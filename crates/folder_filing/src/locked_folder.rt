//! A locked folder, in which the filings of one writer create drafts and name them.
ghost use Rattle.std.specs.Prelude.{◌≡◌, ◌+◌, [], ◌∷◌, IfOk, OnOk, OnErr};
ghost use Rattle.folder_filing.specs.Naming.{Asks, IsCreated, IsOrderly, refusals, standing};

use crate::drafts::DraftPath;
use crate::entered_file::SyncedEntry;
use crate::folder_calls::{FolderCalls, create_draft};
use crate::folder_identity::FolderIdentity;
use crate::given_names::GivenNames;
use crate::group::Group;
use crate::kept_numbers::KeptNumbers;
use crate::listing::contents_of;
use crate::location::{Layout, Location};
use crate::numbers::{Numbers, NumbersFile};
use crate::open_folder::{OpenFolder, lock};
use crate::quarantine::Quarantine;
use crate::stored_file::StoredFile;
use std::alloc::{AllocError, Allocator};
use std::cell::Cell;
use std::fs;
use std::io::{self, Error, ErrorKind};
use std::rt::Files;

mod groups;
mod locations;
mod subfolders;

/// A folder that stays locked until this value is dropped. All filings over it share it, so that
/// each number is given once, in the order of the commits.
///
/// The lock belongs to the folder that was opened, but its files are reached by its path. So the
/// path is checked before a draft is created, named or discarded: if it leads to another folder, as
/// after a rename, the call fails and changes nothing. If the folder is replaced after that check,
/// the next check detects it.
#[derive(Drop)]
pub(crate) struct LockedFolder<R: Files + Alloc + Clone + Drop>
where
    R::File: StoredFile,
{
    rt: R,
    dir: String<R::A>,
    /// The open folder, which has the lock.
    folder: OpenFolder<R::File>,
    layout: Layout,
    /// The location of the last file that was found or committed, by any filing.
    last: Cell<Location>,
    /// The numbers that some filing last wrote to the file of numbers; `NONE` without such a file.
    kept: Cell<KeptNumbers>,
    /// The last subfolder whose entry in the folder was synced.
    entered: Cell<Option<SyncedEntry>>,
    group: Group<R::File, R::A>,
    /// Whether the warning that few numbers remain was returned.
    has_run_low: Cell<bool>,
    ghost own: { folder.number ≡ 0 },
}

/// Removes a draft of a killed writer. Fails with a message of its own if a folder has the draft's
/// name.
fn remove_draft<R: Files, A: Allocator>(rt: &R, draft: &DraftPath<A>) -> io::Result<()> {
    match draft.remove(rt) {
        Err(error) if error.kind() == ErrorKind::IsADirectory => Err(Error::new(
            ErrorKind::IsADirectory,
            "a folder in it has the name of a draft, DRAFT or DRAFT with digits",
        )),
        removed => removed,
    }
}

/// Removes the drafts of a killed writer: that of its first filing, and the `additional` ones.
fn remove_drafts<R: Files + Alloc>(
    rt: &R,
    dir: &str,
    additional: &[DraftPath<R::A>],
) -> io::Result<()> {
    remove_draft(rt, &DraftPath::of(rt.alloc(), dir, 1)?)?;
    for draft in additional {
        remove_draft(rt, draft)?;
    }
    Ok(())
}

impl<R: Files + Alloc + Clone + Drop> LockedFolder<R>
where
    R::File: StoredFile,
{
    /// Opens and locks an existing folder, and removes the drafts of a killed writer.
    ///
    /// Fails with `WouldBlock` if another writer has locked it, and if the folder was replaced by
    /// another one before it was locked.
    pub(crate) fn open(rt: R, dir: &str, layout: Layout) -> io::Result<LockedFolder<R>> {
        let folder = lock(&rt, dir)?;
        let contents = contents_of(&rt, dir, layout)?;
        remove_drafts(&rt, dir, contents.drafts.as_slice())?;
        let dir = String::from_str(rt.alloc(), dir)?;
        let group = Group::new(rt.alloc());
        Ok(LockedFolder {
            rt,
            dir,
            folder,
            layout,
            last: Cell::new(contents.last),
            kept: Cell::new(KeptNumbers::found(Numbers::NONE)),
            entered: Cell::new(None),
            group,
            has_run_low: Cell::new(false),
        })
    }

    /// Returns the runtime that gives access to the files of the folder.
    pub(crate) fn runtime(&self) -> &R {
        &self.rt
    }

    pub(crate) fn identity(&self) -> FolderIdentity {
        self.folder.identity()
    }

    /// Creates a file in the folder, as a draft of no filing, and renames it to this path. Fails if
    /// a system call fails; then there is no such file.
    pub(crate) fn try_rename(&self, path: &str) -> io::Result<()> {
        let draft = self.draft_path(0)?;
        drop(create_draft(&self.rt, draft.as_str())?.0);
        if let Err(error) = fs::rename(&self.rt, draft.as_str(), path) {
            let _ = draft.remove(&self.rt);
            return Err(error);
        }
        Ok(())
    }

    /// Continues the numbering after the numbers of a file of numbers.
    pub(crate) fn continue_behind(&self, kept: KeptNumbers) {
        self.last
            .set(kept.numbers().last(self.layout, self.last.get()));
        self.kept.set(kept);
    }

    /// Returns the numbering state of a new filing, whose draft has this number.
    pub(crate) fn names(
        &self,
        number: u32,
        numbers: Option<NumbersFile<R::A>>,
        has_sync: bool,
    ) -> Result<GivenNames<R::A>, AllocError>
        ensures own { IfOk result (λ names. names.own ≡ record { draft = number; reported = [] }) }
        ensures none { IfOk result (λ names. names.calls ≡ []) }
        ensures sync { IfOk result (λ names. names.has_sync ≡ has_sync) }
        ensures orderly { IfOk result IsOrderly }
    {
        let draft = self.draft_path(number)?;
        Ok(GivenNames::new(draft, self.layout, self.last.get(), numbers, has_sync))
    }

    /// Returns the path of the draft with this number.
    pub(crate) fn draft_path(&self, number: u32) -> Result<DraftPath<R::A>, AllocError>
        ensures { IfOk result (λ path. path ≡ number) }
    {
        DraftPath::of(self.rt.alloc(), self.dir.as_str(), number)
    }

    /// Fails if the path leads to another folder than the locked one.
    fn check_path(&self, calls: &mut FolderCalls) -> io::Result<()>
        ensures unchanged { OnOk result (calls.new ≡ calls.old) }
        ensures refused { OnErr result (Asks (standing calls.old) (refusals calls.old + 1) calls.old calls.new) }
    {
        calls.check_at(&self.rt, self.identity(), self.dir.as_str())
    }

    /// Returns whether the path leads to the locked folder.
    fn is_there(&self) -> bool {
        self.identity()
            .check_at(&self.rt, self.dir.as_str())
            .is_ok()
    }

    /// Creates the file of a draft, after removing a file that an earlier draft left under its
    /// name. Fails if the path leads to another folder, or a system call fails.
    pub(crate) fn create_draft(
        &self,
        draft: &DraftPath<R::A>,
        calls: &mut FolderCalls,
    ) -> io::Result<R::File>
        ensures created { OnOk result (IsCreated draft.now calls.old calls.new) }
        ensures refused { OnErr result (Asks (standing calls.old) (refusals calls.old + 1) calls.old calls.new) }
    {
        self.check_path(calls)?;
        calls.create_draft(&self.rt, draft)
    }

    /// Removes the file of an uncommitted draft, if the path still leads to the locked folder.
    pub(crate) fn discard_draft(&self, draft: &DraftPath<R::A>) {
        if self.is_there() {
            // A file that cannot be removed is removed when the next draft is created.
            let _ = draft.remove(&self.rt);
        }
    }

    /// Moves the file of an uncommitted draft to the quarantine. Returns its number there, or
    /// `None` if the quarantine is full. Fails if the path leads to another folder, or a system
    /// call fails: then the file keeps its name.
    pub(crate) fn set_aside(
        &self,
        draft: &DraftPath<R::A>,
        quarantine: &Quarantine<R>,
    ) -> io::Result<Option<u32>> {
        self.identity().check_at(&self.rt, self.dir.as_str())?;
        quarantine.take_in(draft.as_str())
    }

    fn path_of(&self, location: Location) -> Result<String<R::A>, AllocError> {
        let dir = self.dir.as_str();
        format!(in self.rt.alloc(); "{dir}/{location}")
    }
}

● Work request: Copy every line of the listing that includes the string "Allocator".

● Written answer:
use std::alloc::{AllocError, Allocator};
fn remove_draft<R: Files, A: Allocator>(rt: &R, draft: &DraftPath<A>) -> io::Result<()> {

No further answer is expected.